Sunday 15th November 2015
G mentions what he had been through and how amazingly it opened up lots of new opportunities. He suffered a severe physical breakdown with alcohol abuse, falling downstairs and breaking his shoulder, having kidney and liver problems. A real mess but he was unconscious through most of it, so doesn’t remember how traumatic it all was, especially for his family.
He’s made an amazing recovery but now his partner C is suffering with cervical cancer. She had clear smears but started bleeding and told M when they were out for a walk one day. So M said you must get that checked out. She’s having chemotherapy, with radio therapy to follow.

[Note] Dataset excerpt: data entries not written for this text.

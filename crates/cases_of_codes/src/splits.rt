// Cases of decompositions.
ghost use Rattle.std.specs.Prelude.{◌≤◌, length};

use crate::{runs, words};
use gm_base::NoMemory;
use gm_split::{Split, split_in_plane, split_in_space};
use gm_trees::{Tree, Window, XzTree, ZTree};
use std::alloc::Global;
use std::marker::Brand;
use std::sync::ledger::Blank;

/// The runs of windows by the tree of this name, and by a target.
pub fn answer(alloc: Global, rest: &str) -> Result<String, NoMemory> {
    let (tree, rest) = words::split(rest);
    let (target, rest) = words::split(rest);
    let windows = words::windows(alloc, rest)?;
    match target.parse::<u32>() {
        Ok(target) if 1 <= target && target <= 10000 && windows.len() <= 64 => by_tree(
            alloc, tree, target, &windows,
        ),
        _ => words::text(alloc, "no such split"),
    }
}

fn by_tree(alloc: Global, tree: &str, target: u32, windows: &[Window]) -> Result<String, NoMemory>
    requires least { 1 ≤ target }
    requires most { target ≤ 10000 }
    requires windows { length windows.now ≤ 64 }
{
    match tree {
        "z2_4" => plane(alloc, &ZTree::<2, 4>, windows, target),
        "z2_8" => plane(alloc, &ZTree::<2, 8>, windows, target),
        "z2_16" => plane(alloc, &ZTree::<2, 16>, windows, target),
        "z2_24" => plane(alloc, &ZTree::<2, 24>, windows, target),
        "z2_31" => plane(alloc, &ZTree::<2, 31>, windows, target),
        "z3_8" => space(alloc, &ZTree::<3, 8>, windows, target),
        "z3_12" => space(alloc, &ZTree::<3, 12>, windows, target),
        "z3_16" => space(alloc, &ZTree::<3, 16>, windows, target),
        "z3_21" => space(alloc, &ZTree::<3, 21>, windows, target),
        "xz2_4" => plane(alloc, &XzTree::<2, 4>, windows, target),
        "xz2_8" => plane(alloc, &XzTree::<2, 8>, windows, target),
        "xz2_12" => plane(alloc, &XzTree::<2, 12>, windows, target),
        "xz2_16" => plane(alloc, &XzTree::<2, 16>, windows, target),
        "xz3_4" => space(alloc, &XzTree::<3, 4>, windows, target),
        "xz3_8" => space(alloc, &XzTree::<3, 8>, windows, target),
        "xz3_12" => space(alloc, &XzTree::<3, 12>, windows, target),
        "xz3_16" => space(alloc, &XzTree::<3, 16>, windows, target),
        _ => words::text(alloc, "no such tree"),
    }
}

fn plane<T: Tree<2>>(
    alloc: Global,
    tree: &T,
    windows: &[Window],
    target: u32,
) -> Result<String, NoMemory>
    requires size { T.IsAllowed tree.now }
    requires least { 1 ≤ target }
    requires most { target ≤ 10000 }
    requires windows { length windows.now ≤ 64 }
{
    let split = split_in_plane::<_, Brand>(alloc, tree, windows, target, Blank::new(1))?;
    print(alloc, &split)
}

fn space<T: Tree<3>>(
    alloc: Global,
    tree: &T,
    windows: &[Window],
    target: u32,
) -> Result<String, NoMemory>
    requires size { T.IsAllowed tree.now }
    requires least { 1 ≤ target }
    requires most { target ≤ 10000 }
    requires windows { length windows.now ≤ 64 }
{
    let split = split_in_space::<_, Brand>(alloc, tree, windows, target, Blank::new(1))?;
    print(alloc, &split)
}

// The level, how many codes there are, and the runs.
fn print(alloc: Global, split: &Split) -> Result<String, NoMemory> {
    let mut codes = 0u64;
    for i in 0..split.runs.count() {
        let (low, high) = split.runs.at(i);
        codes = codes.saturating_add(high.saturating_sub(low).saturating_add(1));
    }
    let runs = runs::print(alloc, &split.runs)?;
    Ok(format!(in alloc; "level {}, {codes} codes, {runs}", split.level)?)
}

She’s a bit manic, on steroids and she says she had a vision of a finished piece of work that she just has to do. She was dozing when she became aware of herself lying on the bed, and saw a flash of brilliant light, followed by a continuous flow of images of different designs and patterns.
She accepts this was like an acid trip, triggered by the chemo. But the image of the finished piece – like a solid circular glass column with intersecting dots and lines, based around a grid – so seized her, she said ‘I just had to get on and start working on it straight away.’
And this liberated her to work on something she wanted to do, to stop preparing something for a local exhibition (‘you always have to think what people will want’) and to work on something for herself, purely what she wanted to do.
She is manic but in positive, creative way that’s probably good for her. M and V talked as we were leaving about C needing to take it easy, not to do so much, to let her body rest.
But part of me thought, she’s feeling the compulsion to create. Isn’t that good?
Monday 15th November 2021
I’ve just been very struck by a comment from Adele in The Guardian. Her new album arose from a long period of introspection and commitment to sitting with uncomfortable feelings. ‘Whenever I noticed how I was feeling I would sit down and I would sit with it,’ she said.
And another quote from Sally Rooney’s Beautiful World, Where Are You? One of the characters is remembering keeping notes: ‘my only aim was to get the image down clearly and simply so that I would later remember how it felt.’
And now. An attempt.
Don’t tense yourself; take it easy.
Look at the flowers there in that bowl.
These lines are from a poem by Anthony Hecht,1 Behold the Lilies of the Field2 which seems to me to refer to this process or ‘sitting with’. One critic said the poem’s about torture - which it is, the horrific torture of Roman emperor Valerian at the hands of the Persian emperor Shapur I.
But I also read it as being about a therapy session. It’s about holding the gaze.
Look at the flowers.
Yes. I am looking. I wish I could be like them.
Amongst other things, Hecht said:
Poetry operates by hints and dark suggestions. It is full of secrets and hidden formulae, like a witch’s brew.
Children know from a remarkably early age that things are being kept from them, that grown-ups participate in a world of mysteries.
It doesn’t seem to me strange that children should like the macabre, the sensational, and the forbidden.
Mysteries, like the Masonic rites, are ones parents and elders are sworn not to reveal to the uninitiated, which include all children. And so we sought for signs.3
Video and photo of teamLab Planets, Tokyo ©2025 John Davies
In her Anthony Hecht: a review essay, Victoria recently described him as ‘a much more rebarbative and unusual poet than I had realised.’
The Hudson Review, Vol. 14, No. 3 (Autumn, 1961), pp. 368-370 Via jstor.org
I don’t know exactly where these quotations come from so I hope they are genuine. I think I trawled them off the internet without noting the sources.